Most of Xavier’s meds we take twice daily with a tiny bit of flexibly in when we give each dose. Those meds include antiviral, antifungal, drugs to prevent pneumonia, drugs to prevent liver toxicity, nausea… You get the picture. Every single one Xavier takes in pill form, orally. There are two other pills that are a bit trickier. One which seems incredibly simple but very important which is magnesium. They keep increasing his dose so he currently takes 4 huge magnesium pill a day. If your magnesium levels are too low you are at high risk for seizure. Then there is the infamous Tacrolimus that is imperative for all donor bone marrow transplant patients to take. The job of the Tacro is to prevent and treat GVHD. He takes one capsule every 8 hours. On the dot. That means one pill at 1AM every day. The doctors draw Tacro levels two times a week to make certain you are at a therapeutic level and they change accordingly. And I guess I can’t forget the all-important multivitamin gummy bears…

Xavier has been doing incredibly well all things considered. The only thing that we are having a hard time with is hydration. Xavier needs to consume 42oz. of liquid a day. While we work hard on this and he slowly consumes more and more each day, we are still quite far from the required 42oz.

To get the additional liquids in that we cannot get orally we hook Xavier up to nightly fluids. This goes through his central line. We started at 1000ml over 12 hours and today we are at 500ml over 5 hours. We are making progress! We hook him up at 8PM and unhook him at 1AM. We can’t wait to get Xavier’s central line removed but until he can drink the full amount orally, he needs to keep it in.

In all of this chaos that is our life in this moment, sometimes it’s hard to truly appreciate how far we’ve come.

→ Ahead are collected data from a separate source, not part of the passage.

//! Half-planes moved back along an axis.
ghost use Rattle.std.specs.Prelude.{◌≡◌, true};
ghost use Rattle.std.specs.List.{list_all};
ghost use Rattle.wt_plane.specs.HalfPlanes.{reduced_half};
ghost use Rattle.wt_induce.specs.Faults.{is_small_half, moved_back};
ghost use Rattle.wt_induce.specs.Zones.{moved_along};

use wt_golden::Golden;
use wt_grid::Axis;
use wt_induce::moved;
use wt_plane::HalfPlane;

/// Whether all of them, moved back, are within the limit.
pub(crate) fn all_fit(axis: Axis, change: Golden, planes: &[HalfPlane]) -> bool
    ensures { result ≡ list_all is_small_half (moved_back axis change planes.now) }
{
    for h in planes {
        if moved(axis, change, h).is_err() {
            return false;
        }
    }
    true
}

/// The half-plane moved back, which is known to be within the limit.
pub(crate) fn moved_within(axis: Axis, change: Golden, h: &HalfPlane) -> HalfPlane
    requires { is_small_half (reduced_half (moved_along axis change h.now)) ≡ true }
    ensures { result ≡ reduced_half (moved_along axis change h.now) }
{
    match moved(axis, change, h) {
        Ok(g) => g,
        Err(_) => *h,
    }
}
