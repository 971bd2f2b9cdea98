//! The two zones of an axis, and whether a region can be followed by another.
ghost use Rattle.std.specs.Prelude.{◌≡◌, ◌||◌, ◌&&◌, true, false, MatchResult};
ghost use Rattle.std.specs.List.{list_all};
ghost use Rattle.wt_induce.specs.Faults.{is_small_half};
ghost use Rattle.wt_markov.specs.Faults.{zones_fit};
ghost use Rattle.wt_markov.specs.Turns.{IsTurns, planes_on, planes_back, follows_on, follows_back};

use crate::boxes::box_of;
use crate::meets::meets;
use crate::moved::all_fit;
use wt_golden::{Golden, TooLarge};
use wt_grid::Axis;
use wt_induce::{between, difference, length_of, move_of, zero};
use wt_plane::HalfPlane;
use wt_torus::{Labelled, Torus};

/// The half-planes of the box with each zone of an axis, and by how much a turn moves each.
#[derive(Clone, Copy)]
pub(crate) struct Turns {
    /// The axis.
    pub axis: Axis,
    /// The move of the zone that a turn moves on.
    pub on: Golden,
    /// The move of the zone that a turn takes back by the length.
    pub back: Golden,
    /// The box and the zone that a turn moves on.
    pub low: [HalfPlane; 6],
    /// The box and the zone that a turn takes back.
    pub high: [HalfPlane; 6],
}

/// The zones of an axis, or that a half-plane of the box or of one of them is out of limit.
#[tactic(auto, using(crate::proofs::Limits::rest_out, crate::proofs::Limits::back_out))]
pub(crate) fn turns_on(axis: Axis, torus: &Torus) -> Result<Turns, TooLarge>
    ensures { MatchResult result
        (λ z. IsTurns axis torus.now z × (zones_fit axis torus.now ≡ true))
        (λ _. zones_fit axis torus.now ≡ false) }
{
    let length = length_of(axis, torus);
    let on = move_of(axis, torus);
    let rest = difference(length, on)?;
    let back = difference(on, length)?;
    let [x0, x1, y0, y1] = box_of(torus)?;
    let [low0, low1] = between(axis, zero(), rest)?;
    let [high0, high1] = between(axis, rest, length)?;
    Ok(Turns {
        axis,
        on,
        back,
        low: [x0, x1, y0, y1, low0, low1],
        high: [x0, x1, y0, y1, high0, high1],
    })
}

/// Whether the half-planes of region q moved back, by the move of either zone, are within the limit.
pub(crate) fn moved_fit(turns: &Turns, q: &Labelled) -> bool
    ensures { result ≡ (list_all is_small_half (planes_on turns.now q.now) && list_all is_small_half (planes_back turns.now q.now)) }
{
    let planes = q.region.planes.as_slice();
    all_fit(turns.axis, turns.on, planes) && all_fit(turns.axis, turns.back, planes)
}

/// Whether region p can be followed by region q.
pub(crate) fn can_follow(turns: &Turns, p: &Labelled, q: &Labelled) -> bool
    requires on { list_all is_small_half (planes_on turns.now q.now) ≡ true }
    requires back { list_all is_small_half (planes_back turns.now q.now) ≡ true }
    ensures { result ≡ (follows_on turns.now p.now q.now || follows_back turns.now p.now q.now) }
{
    let first = p.region.planes.as_slice();
    let second = q.region.planes.as_slice();
    meets(&turns.low, first, turns.axis, turns.on, second)
        || meets(&turns.high, first, turns.axis, turns.back, second)
}
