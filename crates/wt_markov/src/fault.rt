//! Why a partition doesn't code valid patterns, why its markers aren't the labels beyond a window, and why a point has no code
//! that is taken apart.
use wt_grid::Axis;
use wt_torus::CodeFault;

/// Why `markov` refuses a partition.
#[derive(Clone, Copy, Debug, PartialEq, Eq)]
pub enum MarkovFault {
    /// The label of this region is no tile of the set.
    Tile { region: usize },
    /// A half-plane of the box, of a zone, or of a region moved back has a number out of limit.
    TooLarge,
    /// Region i can be followed by region j along the axis, and their labels don't match along it.
    Pair { axis: Axis, i: usize, j: usize },
}

/// Why `marker_window` refuses a partition.
#[derive(Clone, Copy, Debug, PartialEq, Eq)]
pub enum WindowFault {
    /// The step's side is before.
    Side,
    /// Twice the move is the length.
    Half,
    /// A half-plane of the box or of the window has a number out of limit.
    TooLarge,
    /// This region is beyond the window, and its label is no marker.
    Outside { region: usize },
    /// This region is inside the window, and its label is a marker.
    Inside { region: usize },
    /// This marker labels no region beyond the window.
    Nowhere { marker: u16 },
}

/// Why `code_desub` takes nothing apart.
#[derive(Clone, Copy, Debug, PartialEq, Eq)]
pub enum CodeDesubFault {
    /// The point has no code.
    Code(CodeFault),
    /// The core of the code has fewer than three lines along the axis or no cell across.
    TooSmall,
    /// No memory was left.
    OutOfMemory,
}
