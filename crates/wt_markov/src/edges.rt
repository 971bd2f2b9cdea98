//! The two sides of the edge of a window, and whether a region lies beyond the edge or inside it.
ghost use Rattle.std.specs.Prelude.{◌≡◌, ◌++◌, true, false, MatchResult};
ghost use Rattle.wt_induce.specs.Zones.{frame_on};
ghost use Rattle.wt_markov.specs.Follow as follow;
ghost use Rattle.wt_markov.specs.Turns.{IsEdges};
ghost use Rattle.wt_markov.specs.WindowFaults.{edges_fit};

use crate::boxes::box_of;
use crate::meets::meets;
use wt_golden::{Golden, TooLarge};
use wt_grid::Axis;
use wt_induce::{beneath, beyond, difference, is_less_than_half, length_of, move_of, zero};
use wt_plane::HalfPlane;
use wt_torus::{Labelled, Torus};

/// The half-planes of the box with each side of the edge of a window.
#[derive(Clone, Copy)]
pub(crate) struct Edges {
    /// The box beyond the edge.
    pub beyond: [HalfPlane; 5],
    /// The box inside the edge.
    pub inside: [HalfPlane; 5],
}

// The size of the window of an axis. Where it is out of limit, so is a half-plane of its edge.
#[tactic(auto, using(crate::proofs::Limits::size_is, crate::proofs::Limits::size_out))]
fn window_size(axis: Axis, torus: &Torus) -> Result<Golden, TooLarge>
    ensures { MatchResult result
        (λ f. f ≡ (frame_on axis torus.now).size)
        (λ _. edges_fit axis torus.now ≡ false) }
{
    let length = length_of(axis, torus);
    let step = move_of(axis, torus);
    if !is_less_than_half(length, step) {
        return Ok(step);
    }
    let size = difference(length, step)?;
    Ok(size)
}

/// Both sides of the edge of an axis's window, or that a number is out of limit.
pub(crate) fn edges_on(axis: Axis, torus: &Torus) -> Result<Edges, TooLarge>
    ensures { MatchResult result
        (λ e. IsEdges axis torus.now e × (edges_fit axis torus.now ≡ true))
        (λ _. edges_fit axis torus.now ≡ false) }
{
    let size = window_size(axis, torus)?;
    let [x0, x1, y0, y1] = box_of(torus)?;
    let out = beyond(axis, size)?;
    let within = beneath(axis, size)?;
    Ok(Edges {
        beyond: [x0, x1, y0, y1, out],
        inside: [x0, x1, y0, y1, within],
    })
}

/// Whether a region meets the half-planes of one side.
pub(crate) fn meets_side(side: &[HalfPlane], q: &Labelled) -> bool
    ensures { result ≡ follow.meets (q.now.region.planes ++ side.now) }
{
    meets(q.region.planes.as_slice(), side, Axis::One, zero(), &[])
}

I do believe that part of why it’s hard for us to see our amazing strides forward to this moment is because we didn’t exactly get the results we are looking for. I can admit that. But, when you look beyond the initial test result… Wow, we are on the other side of transplant and he is recovering remarkably. Remarkably.

No matter what challenges get thrown our way, including those of emotional pain and heartache, I will never forget that we are incredibly blessed.